L'histoire :
Croquignol, Filochard et Ribouldingue, trois petits filous, à la fois escrocs, hâbleurs et indolents, sortent de taule. La société a décidé de leur octroyer une seconde chance. Bien décidés à ne pas retomber dans leurs travers et autres combines, ils souhaitent désormais mener une vie normale pour ne pas retourner en cabane. Une agence d’intérim leur trouve des jobs, payés au SMIC, qui ne demandent aucune qualification : Ribouldingue devient technicien propreté en hôtellerie, Filochard revêt l’uniforme d’agent de sécurité, Croquignol entre dans la peau d’un opérateur de call center. Mais cette voie vers la rédemption se termine sur une impasse. Aucun d’entre eux ne se plaît dans cette nouvelle vie. Ils décident alors de reprendre le chemin des anarques.
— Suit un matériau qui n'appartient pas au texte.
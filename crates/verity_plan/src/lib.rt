//! The plan of a commit of pending edits (`verity_pending`), and its carrying out on the hash store.
//!
//! [`plan_commit`] is all that a commit reads and hashes: it has the changed data blocks hashed, and makes each hash block above
//! one of them again from what stood in its place, level by level (`tree`, `level`, `plan`). It takes the room for its lists before
//! the first hash (`rooms`), changes nothing and reads no data block. [`Pending::apply`] then changes the data store; [`change_hash`]
//! moves the levels that stand elsewhere in the new tree (`levels`), and writes the blocks of the plan and the superblock. They make
//! no room and sync nothing: the layer above does so, before and after.
//!
//! The one contract that the layer above relies on: where the committed image's tree stands in the hash store, a plan has the
//! touched hash blocks and the root of the working image (`IsPlan`, `IsRight`); and carried out over stores that tell, the data
//! store is the working image, and the hash store its tree behind the superblock's block. A plan hashes the changed blocks
//! and the touched ones, and where the count of blocks stays, it reads at most as many hash blocks as are touched.
//!
//! A plan is refused with E5 or E6 of [`EditFault`], and changes nothing. Where the store fails while a plan is carried out
//! ([`StoreFailed`]), it may have been changed.
//!
//! The definitions stand in `specs/`: `Planning` (what a plan is), `Carried` (what carrying it out makes), `Standing`, `Faults`; of
//! the way to them: `Remade`, `Level`, `Making`, `Last`, `Rooms` (hash blocks made again), `Seen` (what a store shows of what it
//! holds), `Levels` (what is moved).
#![tactic(auto)]

mod change;
mod last;
mod level;
mod levels;
mod plan;
mod planning;
mod rooms;
mod tree;

pub use change::change_hash;
pub use planning::{CommitPlan, geometry_over, plan_commit};
pub use tree::Change;
pub use verity_pending::{EditFault, Made, Pending, StoreFailed};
Leur plan : s’inviter au Fortune people summit, une soirée de riches et de pipoles qui se tapent dans le dos en buvant du champagne à la santé des affamés et les dépouiller de leurs biens…
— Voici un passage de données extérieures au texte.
//! The plan of a commit: all that it reads and hashes and all memory that it takes, before the first change.
ghost use Rattle.std.specs.Prelude.{◌≡◌, ℕ, ◌+◌, ◌^◌, ◌≤◌, true, List, length, drop, replicate, IfErr, IfOk};
ghost use Rattle.verity_digest.specs.Hash.{size_of, hashing};
ghost use Rattle.verity_digest.specs.Tree.{root, tree};
ghost use Rattle.verity_geometry.specs.Geometry.{IsShape, digests_per_block, levels_of, total_of};
ghost use Rattle.verity_profile.specs.Profile.{IsBlockCount, zero_block};
ghost use Rattle.verity_superblock.specs.Superblock.{salted};
ghost use Rattle.verity_superblock.specs.Image.{superblock_block};
ghost use Rattle.verity_store.specs.Stores.{IsOnlyRead};
ghost use Rattle.verity_plan.specs.Faults.{PlansOrFails};
ghost use Rattle.verity_plan.specs.Seen.{GivesAt, Shows};
ghost use Rattle.verity_pending.specs.Draft.{edits_of};
ghost use Rattle.verity_pending.specs.Leaves.{hashes};
ghost use Rattle.verity_pending.specs.Touched.{touched_count};
ghost use Rattle.verity_pending.specs.Plan.{ArePlanned};
ghost use Rattle.verity_plan.specs.Making.{IsChange, IsTouchedPlace, touched_blocks};
ghost use Rattle.verity_plan.specs.Carried.{AreInTree};
ghost use Rattle.verity_plan.specs.Standing.{BeginsWith};

use crate::EditFault;
use crate::last::add_fallen;
use crate::rooms::{most_made, rooms_for};
use crate::tree::{Change, make_tree};
use std::alloc::Allocator;
use verity_digest::{Digest, Hasher};
use verity_geometry::Geometry;
use verity_pending::{Made, Pending};
use verity_store::{BlockStore, Which};
use verity_superblock::Superblock;

/// What a commit makes before it changes anything.
#[derive(Drop)]
pub struct CommitPlan<A: Allocator> {
    /// The committed tree and the one in its place.
    pub change: Change,
    /// The touched hash blocks of the new tree.
    pub made: Vec<Made<A>, A>,
    /// The superblock of the new count.
    pub superblock: Superblock<A>,
    /// The hash block that it stands in.
    pub first_block: Vec<u8, A>,
    /// The root hash of the new tree.
    pub root: Digest,
    /// How many blocks were hashed.
    pub hashed: u64,
    /// A data block of zeros.
    pub zero: Vec<u8, A>,
}

ghost use Rattle.verity_plan.specs.Planning.{volume_shape, IsPlan, IsRight, ReadsTouched, GivesTouched};

/// The geometry of a volume with so many data blocks.
pub fn geometry_over<A: Allocator>(superblock: &Superblock<A>, blocks: u64) -> Geometry
    requires { IsBlockCount blocks }
    ensures value { result ≡ volume_shape superblock.now.params blocks }
    ensures shaped { IsShape result }
{
    match Geometry::with_digest(
        superblock.data_block_size(),
        superblock.hash_block_size(),
        blocks,
        superblock.algorithm().size(),
    ) {
        Ok(geometry) => {
            let _levels = geometry.levels();
            geometry
        }
        Err(_) => unreachable!(),
    }
}

/// The superblock of the same volume with so many data blocks.
fn superblock_over<A: Allocator + Copy>(
    alloc: A,
    superblock: &Superblock<A>,
    blocks: u64,
) -> Result<Superblock<A>, EditFault>
    requires { IsBlockCount blocks }
    ensures value { IfOk result (λ next. next ≡ record { params = superblock.now.params; data_blocks = blocks }) }
    ensures fault { IfErr result (λ fault. fault ≡ EditFault.NoMemory) }
{
    let salt = superblock.salt().copy(alloc)?;
    match Superblock::new(
        superblock.data_block_size(),
        superblock.hash_block_size(),
        blocks,
        salt,
        superblock.uuid(),
        superblock.algorithm(),
    ) {
        Ok(next) => Ok(next),
        Err(_) => unreachable!(),
    }
}

/// The hash block that a superblock stands in.
fn first_block_of<A: Allocator + Copy>(
    alloc: A,
    superblock: &Superblock<A>,
) -> Result<Vec<u8, A>, EditFault>
    ensures value { IfOk result (λ block. block.items ≡ superblock_block superblock.now.params superblock.now.data_blocks) }
    ensures size { IfOk result (λ block. length block.items ≡ superblock.now.params.hash_block_size) }
    ensures fault { IfErr result (λ fault. fault ≡ EditFault.NoMemory) }
{
    superblock.facts();
    let Ok(mut block) = superblock.encode().to_vec(alloc) else {
        return Err(EditFault::NoMemory);
    };
    match block.resize(superblock.hash_block_size(), 0) {
        Ok(()) => Ok(block),
        Err(_) => Err(EditFault::NoMemory),
    }
}

/// What the new tree is made of: its touched blocks, its root hash, and how many blocks were hashed for it.
#[derive(Drop)]
struct NewTree<A: Allocator> {
    made: Vec<Made<A>, A>,
    root: Digest,
    hashed: u64,
}

/// Makes the tree of the working image again: hashes each written block that is still there and each touched hash block
/// once, and one block of zeros where others were added, and reads the old block of each touched place that has one.
fn plan_tree<H: BlockStore, A: Allocator + Copy>(
    alloc: A,
    hash_store: &mut H,
    hasher: &mut Hasher<A>,
    pending: &Pending<A>,
    change: &Change,
    zero: &[u8],
    block: &mut [u8],
) -> Result<NewTree<A>, EditFault>
    requires change { IsChange change.now (length (H.content hash_store.old)) (H.size hash_store.old)
        (size_of hasher.old.salted.algorithm) }
    requires committed { pending.now.committed ≡ change.now.old.blocks }
    requires working { pending.now.working ≡ change.now.new.blocks }
    requires zero { zero.now ≡ zero_block pending.now.size }
    requires sized { length block.old ≡ H.size hash_store.old }
    ensures right { IfOk result (λ plan. (content : List (List ℕ)) → Shows H.BlockStore hash_store.new content → (image : List (List ℕ))
        → length image ≡ pending.now.committed
        → let h = hashing hasher.old.salted (length block.old) in BeginsWith (drop change.now.first content)
        (tree h image) → change.now.root ≡ root h image
        → (plan.made.items ≡ touched_blocks h (edits_of image pending.now) change.now.first change.now.new.blocks
        (levels_of change.now.new))
        × (plan.root ≡ root h (edits_of image pending.now).working)) }
    ensures planned { IfOk result (λ plan. ArePlanned (length block.old) plan.made.items) }
    ensures places { IfOk result (λ plan. AreInTree change.now.first (total_of change.now.new) plan.made.items) }
    ensures root_size { IfOk result (λ plan. length plan.root ≡ size_of hasher.old.salted.algorithm) }
    ensures hashed { IfOk result (λ plan. (image : List (List ℕ)) → length image ≡ pending.now.committed
        → plan.hashed ≡ hashes (digests_per_block change.now.new) pending.now (edits_of image pending.now)) }
    ensures counted { IfOk result (λ plan. hasher.new.hashed ≡ hasher.old.hashed + plan.hashed) }
    ensures salted { hasher.new.salted ≡ hasher.old.salted }
    ensures fails { PlansOrFails result (H.failures hash_store.old) (H.failures hash_store.new) }
    ensures reads { (image : List (List ℕ)) → length image ≡ pending.now.committed → change.now.new.blocks ≡ change.now.old.blocks
        → H.reads hash_store.new ≤ H.reads hash_store.old + touched_count (digests_per_block change.now.new) (edits_of image pending.now) }
    ensures gives { (image : List (List ℕ)) → length image ≡ pending.now.committed
        → GivesAt (IsTouchedPlace change.now (edits_of image pending.now)) (H.given hash_store.old) (H.given hash_store.new) }
    ensures read_only { IsOnlyRead H.BlockStore hash_store.old hash_store.new }
{
    pending.facts();
    let algorithm = hasher.algorithm();
    let (named, others) = pending.most_leaves();
    let rooms = rooms_for(alloc, &change.new, named, others)?;
    let mut made = Vec::with_capacity(alloc, most_made(&change.new, named, others))?;
    let Ok(changed) = pending.leaves(hasher, zero) else {
        return Err(EditFault::NoMemory);
    };
    let (mut leaves, leaf_hashes) = changed;
    add_fallen(pending, hash_store, change, algorithm, block, &mut leaves)?;
    let root = make_tree(
        alloc, hash_store, hasher, change, leaves, rooms, block, &mut made,
    )?;
    let hashed = leaf_hashes + made.len() as u64;
    Ok(NewTree { made, root, hashed })
}

/// Plans a commit of the pending edits, of a volume whose tree begins at hash block `first` and has this root. E5 where memory is
/// refused, E6 where the hash store fails. It changes nothing and leaves any bytes in `block`. It reads the old block of each touched
/// place that has one and no data block, and hashes what `IsPlan` says. It takes memory for the plan, and for the numbers and digests
/// of each level.
pub fn plan_commit<H: BlockStore, A: Allocator + Copy>(
    alloc: A,
    hash_store: &mut H,
    hasher: &mut Hasher<A>,
    pending: &Pending<A>,
    superblock: &Superblock<A>,
    first: u64,
    root: Digest,
    block: &mut [u8],
) -> Result<CommitPlan<A>, EditFault>
    requires near { first ≤ 2 ^ 40 }
    requires committed { pending.now.committed ≡ superblock.now.data_blocks }
    requires data_size { superblock.now.params.data_block_size ≡ pending.now.size }
    requires hash_size { H.size hash_store.old ≡ superblock.now.params.hash_block_size }
    requires sized { length block.old ≡ H.size hash_store.old }
    requires salted { hasher.old.salted ≡ salted superblock.now.params }
    requires root_size { length root ≡ size_of superblock.now.params.algorithm }
    requires within { first + total_of (volume_shape superblock.now.params superblock.now.data_blocks) ≤ length (H.content hash_store.old) }
    ensures plan { IfOk result (λ plan. IsPlan superblock.now pending.now first root plan) }
    ensures right { IfOk result (λ plan. (content : List (List ℕ)) → Shows H.BlockStore hash_store.new content →
        IsRight superblock.now pending.now first root content plan) }
    ensures counted { IfOk result (λ plan. hasher.new.hashed ≡ hasher.old.hashed + plan.hashed) }
    ensures salted { hasher.new.salted ≡ hasher.old.salted }
    ensures fails { PlansOrFails result (H.failures hash_store.old) (H.failures hash_store.new) }
    ensures reads { ReadsTouched superblock.now pending.now (H.reads hash_store.old) (H.reads hash_store.new) }
    ensures gives { GivesTouched superblock.now pending.now first root (H.given hash_store.old) (H.given hash_store.new) }
    ensures read_only { IsOnlyRead H.BlockStore hash_store.old hash_store.new }
{
    let blocks = pending.blocks();
    let change = Change {
        first,
        old: geometry_over(superblock, superblock.data_blocks()),
        new: geometry_over(superblock, blocks),
        root,
    };
    let zero = Vec::from_elem(alloc, 0u8, superblock.data_block_size())?;
    let next = superblock_over(alloc, superblock, blocks)?;
    let first_block = first_block_of(alloc, &next)?;
    let tree = plan_tree(alloc, hash_store, hasher, pending, &change, &zero, block)?;
    Ok(CommitPlan {
        change,
        made: tree.made,
        superblock: next,
        first_block,
        root: tree.root,
        hashed: tree.hashed,
        zero,
    })
}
Ce qu'on en pense sur la planète BD :
Créés par Luis Forton en 1908, repris par René Pellos en 1948, les Pieds Nickelés renaissent de leurs cendres sous la houlette de Philippe Riche. En effet, par le truchement de la libération de la propriété intellectuelle (Forton étant mort en 1934), la série vintage semble attirer bien des convoitises : désormais dans le domaine public, la série émblématique est au cœur d’une bataille juridique entre Glénat et Delcourt, qui en tirent chacun de nouvelles aventures. N’empêche que sur le fond, ce genre de revival est toujours un peu « casse-gueule ». Force est de constater qu’ici, l’auteur du diptyque L’association des cas particuliers s’en tire très bien et nous livre un album intéressant à plus d’un titre. Premièrement, il donne un sacré coup de jeune en transposant des héros légendaires dans le XXIème siècle. Les dialogues sont percutants, oscillant entre modernisme « Kestudi, j’fais un bizeness de ouf, rien à foutre des charclos » et expressions populaires surannées « on est sapés comme des cloches », « on baratinne tout le monde et on se tire avec l’oseille ». Les personnages secondaires sont des caricatures grinçantes de personnages existants (Anne-Marie de Banville ressemble à s’y méprendre à Lilianne Bettancourt) avec des présentations hilarantes (Big up pour A-Tomic Loïc, la star du rap identitaire breton, député européeen sous l’étiquette Chasse, pêche et tuning). Deuxièmement, le dessin rivalise d’astuces : schéma pour expliquer les plans de nos trois compères, découpage vif et inspiré avec des cases panoramiques, des personnages croqués admirablement… Bref, une BD poilante et délirante du début à la fin, qui est bien plus qu’un bel hommage. C’est plutôt une relecture intelligente qui a le mérite de revisiter sans nostalgie un mythe du 9ème Art.